Mode spacing and gain coefficient: A Nd microchip laser has an index of refraction 1.78 and a cavity length of 3.20 mm. Mirrors of reflectivity 0.997 and 0.975 are mounted directly on the faces of the chip. The emission lineshape of the laser transition can be considered to be Lorentzian, with a linewidth of 4.80 THz. a) Calculate the frequency spacing between modes of the laser and the frequency width of the modes. (8 pts) b) Calculate the number of modes within the transition linewidth. (9 pts) c) Given the loss coefficient of 0.4 m-1 for the chip; calculate the gain coefficient at lasing threshold. (13 pts)
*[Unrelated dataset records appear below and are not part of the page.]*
//! What is recorded of a service's addresses.
ghost use Rattle.std.specs.Prelude.{◌≡◌};

use crate::copies::{both, copied};
use ip_ranges::AddressList;
use kube_labels::Text;
use mlb_base::{NoMemory, Sequence, TryCopy};
use std::alloc::Global;

/// The addresses that a service's status holds, with the pool that they are from and the terms
/// under which they were given. An empty record has no addresses, no pool and no mark.
#[derive(PartialEq)]
pub struct Record {
    /// The addresses of `status.loadBalancer.ingress`, in its order.
    pub addresses: AddressList,
    /// The annotation `metallb.io/ip-allocated-from-pool`, empty where it is absent.
    pub pool: Text,
    /// The annotation `metallb.io/ip-held-as`, empty where it is absent.
    pub mark: Text,
}

impl Drop for Record {
    fn drop(self) {
        let Record {
            addresses: _,
            pool: _,
            mark: _,
        } = self;
    }
}

impl Record {
    ghost use Rattle.kube_model.specs.Records.{empty_record, is_assigned, same_record};

    /// The record without addresses, pool and mark, which takes no memory.
    pub fn empty(alloc: Global) -> Record
        ensures { result ≡ empty_record }
    {
        Record {
            addresses: Sequence::new(alloc),
            pool: Text::from_string(String::new(alloc)),
            mark: Text::from_string(String::new(alloc)),
        }
    }

    /// Whether it has an address.
    pub fn is_assigned(&self) -> bool
        ensures { result ≡ is_assigned self.now }
    {
        !self.addresses.as_slice().is_empty()
    }

    /// Whether the records are one.
    pub fn is_same(&self, other: &Record) -> bool
        ensures { result ≡ same_record self.now other.now }
    {
        self == other
    }
}

impl TryCopy for Record {
    fn copy(&self) -> Result<Record, NoMemory> {
        let texts = copied(&self.pool, &self.mark);
        let (addresses, (pool, mark)) = both(self.addresses.copy(), texts)?;
        Ok(Record {
            addresses,
            pool,
            mark,
        })
    }
}
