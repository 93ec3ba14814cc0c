//! Frames that are built part by part.
ghost use Rattle.std.specs.Prelude.{◌≡◌, ◌+◌, ◌≤◌, [], ◌++◌, length};

use std::marker::Model;

/// The front of a frame of `N` bytes, filled so far.
#[derive(Drop)]
pub struct Filling<const N: usize> {
    bytes: [u8; N],
    filled: usize,
}

impl<const N: usize> Model for Filling<N> {
    ghost use Rattle.std.specs.Prelude.{ℕ, List, take, length, ◌≤◌, ◌≡◌};

    ghost Value = { List ℕ };

    ghost view = { λ f. take f.filled f.bytes };

    ghost invariant = { λ f. (length f.bytes ≡ N) × (f.filled ≤ N) };
}

impl<const N: usize> Filling<N> {
    /// Nothing is filled.
    pub fn new() -> Self
        ensures { result ≡ [] }
    {
        Filling {
            bytes: [0; N],
            filled: 0,
        }
    }

    /// Adds bytes after those that are there.
    pub fn put(&mut self, bytes: &[u8])
        requires { length self.old + length bytes.now ≤ N }
        ensures { self.new ≡ self.old ++ bytes.now }
    {
        let end = self.filled + bytes.len();
        let frame = &mut self.bytes[..];
        frame[self.filled..end].copy_from_slice(bytes);
        self.filled = end;
    }

    /// The whole frame.
    pub fn whole(self) -> [u8; N]
        requires { length self ≡ N }
        ensures { result ≡ self.entry }
    {
        self.bytes
    }
}
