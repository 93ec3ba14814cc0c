//! Kubernetes namespaces.

use crate::copies::copied;
use kube_labels::{Labels, Text};
use mlb_base::{NoMemory, TryCopy};

/// A Kubernetes Namespace.
pub struct Namespace {
    pub name: Text,
    pub labels: Labels,
}

impl Drop for Namespace {
    fn drop(self) {
        let Namespace { name: _, labels: _ } = self;
    }
}

impl TryCopy for Namespace {
    fn copy(&self) -> Result<Namespace, NoMemory> {
        let (name, labels) = copied(&self.name, &self.labels)?;
        Ok(Namespace { name, labels })
    }
}
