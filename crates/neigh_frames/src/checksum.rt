//! Checksums.
ghost use Rattle.std.specs.Prelude.{◌≡◌, ◌<◌, ◌^◌, length};
ghost use Rattle.neigh_frames.specs.Checksum.{plus as sum_of, sum_from, ones_sum};
ghost use Rattle.neigh_frames.specs.Checksum.{with_pseudo_header};

/// The ones' complement sum of two 16-bit numbers: the carry comes back in.
fn plus(sum: u16, word: u16) -> u16
    ensures { result ≡ sum_of sum word }
{
    let total = sum as u32 + word as u32;
    (total % 0x1_0000 + total / 0x1_0000) as u16
}

/// The sum, and the bytes by pairs added to it.
fn add(sum: u16, bytes: &[u8]) -> u16
    ensures { result ≡ sum_from sum bytes.now }
{
    let mut sum = sum;
    let mut rest = bytes;
    while let [high, low, tail @ ..] = rest {
        sum = plus(sum, *high as u16 * 256 + *low as u16);
        rest = tail;
    }
    match rest {
        [last] => plus(sum, *last as u16 * 256),
        _ => sum,
    }
}

/// The ones' complement sum of an ICMPv6 message and its pseudo header.
pub(crate) fn message_sum(addresses: &[u8], message: &[u8]) -> u16
    requires addresses { length addresses.now ≡ 32 }
    requires short { length message.now < 2 ^ 32 }
    ensures { result ≡ ones_sum (with_pseudo_header addresses.now message.now) }
{
    let sum = add(0, addresses);
    let sum = add(sum, &(message.len() as u32).to_be_bytes());
    let sum = add(sum, &[0, 0, 0, 58]);
    add(sum, message)
}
a) To calculate the frequency spacing between modes of the laser, we can use the formula:
Δν = c / (2L * n)
Where:
Δν is the frequency spacing between modes,
c is the speed of light in vacuum (3 × 10^8 m/s),
L is the cavity length (3.20 mm = 3.20 × 10^-3 m),
and n is the refractive index of the laser medium (1.78).
Substituting the given values into the formula, we can calculate Δν:
Δν = (3 × 10^8 m/s) / (2 * (3.20 × 10^-3 m) * 1.78)
Calculating this, we find:
Δν ≈ 26.7 GHz
The frequency spacing between modes is approximately 26.7 GHz.
To calculate the frequency width of the modes, we can use the formula for the full-width at half-maximum (FWHM) of a Lorentzian line:
FWHM = 2γ
Where FWHM is the frequency width of the modes and γ is the linewidth (4.80 THz = 4.80 × 10^12 Hz).
Substituting the given value into the formula, we can calculate the FWHM:
FWHM = 2 * (4.80 × 10^12 Hz)
Calculating this, we find:
FWHM ≈ 9.60 × 10^12 Hz
The frequency width of the modes is approximately 9.60 × 10^12 Hz.
b) To calculate the number of modes within the transition linewidth, we can use the formula:
N = FWHM / Δν
Where N is the number of modes and Δν and FWHM are the frequency spacing and width of the modes calculated above.
Substituting the values into the formula, we can calculate N:
N = (9.60 × 10^12 Hz) / (26.7 GHz)
Calculating this, we find:
N ≈ 359
There are approximately 359 modes within the transition linewidth.
c) To calculate the gain coefficient at lasing threshold, we can use the formula:
g = (1 - R1) * (1 - R2) / (2 * L)
Where g is the gain coefficient, R1 and R2 are the reflectivities of the two mirrors (0.997 and 0.975), and L is the cavity length (3.20 mm = 3.20 × 10^-3 m).
Substituting the given values into the formula, we can calculate g:
g = (1 - 0.997) * (1 - 0.975) / (2 * (3.20 × 10^-3 m))
Calculating this, we find:
g ≈ 124.8 m^-1
The gain coefficient at lasing threshold is approximately 124.8 m^-1.
To solve this problem, we will use the formula for mode spacing, mode width, and the number of modes within a linewidth, as well as the formula for gain coefficient.
a) Calculation of mode spacing and mode width:
The mode spacing (Δν) can be calculated using the formula:
Δν = c / (2L)
Where c is the speed of light and L is the cavity length.
Given:
Reflector 1 reflectivity (R1) = 0.997
Reflector 2 reflectivity (R2) = 0.975
Index of refraction (n) = 1.78
Cavity length (L) = 3.20 mm
Mode spacing (Δν) = c / (2L)
Convert the cavity length to meters.
L = 3.20 mm = 3.20 × 10^(-3) m
Substituting the values:
Δν = (3 × 10^8 m/s) / (2 × 3.20 × 10^(-3) m)
Calculate the value of Δν.
To find the mode width (Δν_width), we use the formula:
Δν_width = Δν / π(1 - √(R1 × R2))
Substitute the values to calculate Δν_width.
b) Calculation of the number of modes within the transition linewidth:
The number of modes (N_modes) within the transition linewidth (Δν_line) can be calculated using the formula:
N_modes = Δν_line / Δν
Given the linewidth (Δν_line) = 4.80 THz, convert this to Hz before substituting the values to calculate N_modes.
c) Calculation of the gain coefficient at lasing threshold:
The gain coefficient (α) at lasing threshold can be calculated using the formula:
α = (ln (1 / R1)) / (2L)
Substitute the values to calculate α.
This way, you can find the answers to all the parts of the problem.